[Given data — start]

//! Names, tables, columns and what rows are sorted by.

ghost use Rattle.std.specs.Prelude.{None, Some};
ghost use Rattle.om_grammar.specs.Parsers.{Reads, branch, one, pure};
ghost use Rattle.om_grammar.specs.Reading as spec;

use crate::cursor::Cursor;
use crate::stop::Stop;
use crate::tree::{Alias, ColumnName, Direction, Identifier, Key, Label, SortKey, TableName};
use om_token::Terminal;
use std::alloc::Global;

/// An identifier.
pub fn alias<'a>(alloc: Global, tokens: &mut Cursor<'_, 'a>) -> Result<Alias<'a>, Stop>
    ensures { Reads (one spec.alias_of tokens.old) result tokens.new }
{
    let Some(alias) = tokens.alias(alloc)? else {
        return Err(Stop::Wrong);
    };
    Ok(alias)
}

/// An identifier, if one is next.
pub fn optional_alias<'a>(
    alloc: Global,
    tokens: &mut Cursor<'_, 'a>,
) -> Result<Option<Alias<'a>>, Stop>
    ensures { Reads (branch spec.alias_of (λ x. pure (Some x)) (pure None) tokens.old) result tokens.new }
{
    let Some(alias) = tokens.alias(alloc)? else {
        return Ok(None);
    };
    Ok(Some(alias))
}

/// The name of a column of the result, with AS or without, if one is next.
#[tactic(auto, unfolding(crate::specs::Reading::naming))]
pub fn naming_alias<'a>(
    alloc: Global,
    tokens: &mut Cursor<'_, 'a>,
) -> Result<Option<Alias<'a>>, Stop>
    ensures { Reads (spec.naming spec.alias_of tokens.old) result tokens.new }
{
    let Some(_) = tokens.eat(Terminal::As) else {
        return optional_alias(alloc, tokens);
    };
    let alias = alias(alloc, tokens)?;
    Ok(Some(alias))
}

/// The name of a range variable, with AS or without, if one is next.
#[tactic(auto, unfolding(crate::specs::Reading::naming))]
pub fn naming_label<'a>(tokens: &mut Cursor<'_, 'a>) -> Result<Option<Label<'a>>, Stop>
    ensures { Reads (spec.naming spec.label_of tokens.old) result tokens.new }
{
    let Some(_) = tokens.eat(Terminal::As) else {
        return Ok(tokens.optional_label());
    };
    let label = tokens.label()?;
    Ok(Some(label))
}

/// A table, and the range variable that is named.
#[tactic(auto, unfolding(crate::specs::Reading::table))]
pub fn table<'a>(tokens: &mut Cursor<'_, 'a>) -> Result<TableName<'a>, Stop>
    ensures { Reads (spec.table tokens.old) result tokens.new }
{
    let name = tokens.label()?;
    let variable = naming_label(tokens)?;
    Ok(TableName {
        at: name.at,
        name: name.name,
        variable,
    })
}

/// A column whose first token is a regular identifier.
#[tactic(auto, unfolding(crate::specs::Reading::column_named))]
fn column_named<'a>(
    alloc: Global,
    first: Label<'a>,
    tokens: &mut Cursor<'_, 'a>,
) -> Result<ColumnName<'a>, Stop>
    ensures { Reads (spec.column_named first.entry tokens.old) result tokens.new }
{
    let Some(_) = tokens.eat(Terminal::Dot) else {
        return Ok(ColumnName {
            qualifier: None,
            at: first.at,
            name: Identifier::Regular(first.name),
        });
    };
    let name = alias(alloc, tokens)?;
    Ok(ColumnName {
        qualifier: Some(first),
        at: name.at,
        name: name.name,
    })
}

/// A column.
#[tactic(auto, unfolding(crate::specs::Reading::column))]
pub fn column<'a>(alloc: Global, tokens: &mut Cursor<'_, 'a>) -> Result<ColumnName<'a>, Stop>
    ensures { Reads (spec.column tokens.old) result tokens.new }
{
    let Some(first) = tokens.optional_label() else {
        let name = alias(alloc, tokens)?;
        return Ok(ColumnName {
            qualifier: None,
            at: name.at,
            name: name.name,
        });
    };
    column_named(alloc, first, tokens)
}

/// What rows are sorted by, and its offset.
pub fn key<'a>(alloc: Global, tokens: &mut Cursor<'_, 'a>) -> Result<(u32, Key<'a>), Stop>
    ensures { Reads (one spec.key_of tokens.old) result tokens.new }
{
    let Some(key) = tokens.key(alloc)? else {
        return Err(Stop::Wrong);
    };
    Ok(key)
}

/// What rows are sorted by, and which way.
#[tactic(auto, unfolding(crate::specs::Reading::sort_key))]
pub fn sort_key<'a>(alloc: Global, tokens: &mut Cursor<'_, 'a>) -> Result<SortKey<'a>, Stop>
    ensures { Reads (spec.sort_key tokens.old) result tokens.new }
{
    let (at, key) = key(alloc, tokens)?;
    let direction = match tokens.direction() {
        Some(direction) => direction,
        None => Direction::Ascending,
    };
    Ok(SortKey { at, key, direction })
}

[Given data — finish]

What is required:
Each entry above, in full, should be output exactly as it reads.

Result for this exercise:
//! Names, tables, columns and what rows are sorted by.

ghost use Rattle.std.specs.Prelude.{None, Some};
ghost use Rattle.om_grammar.specs.Parsers.{Reads, branch, one, pure};
ghost use Rattle.om_grammar.specs.Reading as spec;

use crate::cursor::Cursor;
use crate::stop::Stop;
use crate::tree::{Alias, ColumnName, Direction, Identifier, Key, Label, SortKey, TableName};
use om_token::Terminal;
use std::alloc::Global;

/// An identifier.
pub fn alias<'a>(alloc: Global, tokens: &mut Cursor<'_, 'a>) -> Result<Alias<'a>, Stop>
    ensures { Reads (one spec.alias_of tokens.old) result tokens.new }
{
    let Some(alias) = tokens.alias(alloc)? else {
        return Err(Stop::Wrong);
    };
    Ok(alias)
}

/// An identifier, if one is next.
pub fn optional_alias<'a>(
    alloc: Global,
    tokens: &mut Cursor<'_, 'a>,
) -> Result<Option<Alias<'a>>, Stop>
    ensures { Reads (branch spec.alias_of (λ x. pure (Some x)) (pure None) tokens.old) result tokens.new }
{
    let Some(alias) = tokens.alias(alloc)? else {
        return Ok(None);
    };
    Ok(Some(alias))
}

/// The name of a column of the result, with AS or without, if one is next.
#[tactic(auto, unfolding(crate::specs::Reading::naming))]
pub fn naming_alias<'a>(
    alloc: Global,
    tokens: &mut Cursor<'_, 'a>,
) -> Result<Option<Alias<'a>>, Stop>
    ensures { Reads (spec.naming spec.alias_of tokens.old) result tokens.new }
{
    let Some(_) = tokens.eat(Terminal::As) else {
        return optional_alias(alloc, tokens);
    };
    let alias = alias(alloc, tokens)?;
    Ok(Some(alias))
}

/// The name of a range variable, with AS or without, if one is next.
#[tactic(auto, unfolding(crate::specs::Reading::naming))]
pub fn naming_label<'a>(tokens: &mut Cursor<'_, 'a>) -> Result<Option<Label<'a>>, Stop>
    ensures { Reads (spec.naming spec.label_of tokens.old) result tokens.new }
{
    let Some(_) = tokens.eat(Terminal::As) else {
        return Ok(tokens.optional_label());
    };
    let label = tokens.label()?;
    Ok(Some(label))
}

/// A table, and the range variable that is named.
#[tactic(auto, unfolding(crate::specs::Reading::table))]
pub fn table<'a>(tokens: &mut Cursor<'_, 'a>) -> Result<TableName<'a>, Stop>
    ensures { Reads (spec.table tokens.old) result tokens.new }
{
    let name = tokens.label()?;
    let variable = naming_label(tokens)?;
    Ok(TableName {
        at: name.at,
        name: name.name,
        variable,
    })
}

/// A column whose first token is a regular identifier.
#[tactic(auto, unfolding(crate::specs::Reading::column_named))]
fn column_named<'a>(
    alloc: Global,
    first: Label<'a>,
    tokens: &mut Cursor<'_, 'a>,
) -> Result<ColumnName<'a>, Stop>
    ensures { Reads (spec.column_named first.entry tokens.old) result tokens.new }
{
    let Some(_) = tokens.eat(Terminal::Dot) else {
        return Ok(ColumnName {
            qualifier: None,
            at: first.at,
            name: Identifier::Regular(first.name),
        });
    };
    let name = alias(alloc, tokens)?;
    Ok(ColumnName {
        qualifier: Some(first),
        at: name.at,
        name: name.name,
    })
}

/// A column.
#[tactic(auto, unfolding(crate::specs::Reading::column))]
pub fn column<'a>(alloc: Global, tokens: &mut Cursor<'_, 'a>) -> Result<ColumnName<'a>, Stop>
    ensures { Reads (spec.column tokens.old) result tokens.new }
{
    let Some(first) = tokens.optional_label() else {
        let name = alias(alloc, tokens)?;
        return Ok(ColumnName {
            qualifier: None,
            at: name.at,
            name: name.name,
        });
    };
    column_named(alloc, first, tokens)
}

/// What rows are sorted by, and its offset.
pub fn key<'a>(alloc: Global, tokens: &mut Cursor<'_, 'a>) -> Result<(u32, Key<'a>), Stop>
    ensures { Reads (one spec.key_of tokens.old) result tokens.new }
{
    let Some(key) = tokens.key(alloc)? else {
        return Err(Stop::Wrong);
    };
    Ok(key)
}

/// What rows are sorted by, and which way.
#[tactic(auto, unfolding(crate::specs::Reading::sort_key))]
pub fn sort_key<'a>(alloc: Global, tokens: &mut Cursor<'_, 'a>) -> Result<SortKey<'a>, Stop>
    ensures { Reads (spec.sort_key tokens.old) result tokens.new }
{
    let (at, key) = key(alloc, tokens)?;
    let direction = match tokens.direction() {
        Some(direction) => direction,
        None => Direction::Ascending,
    };
    Ok(SortKey { at, key, direction })
}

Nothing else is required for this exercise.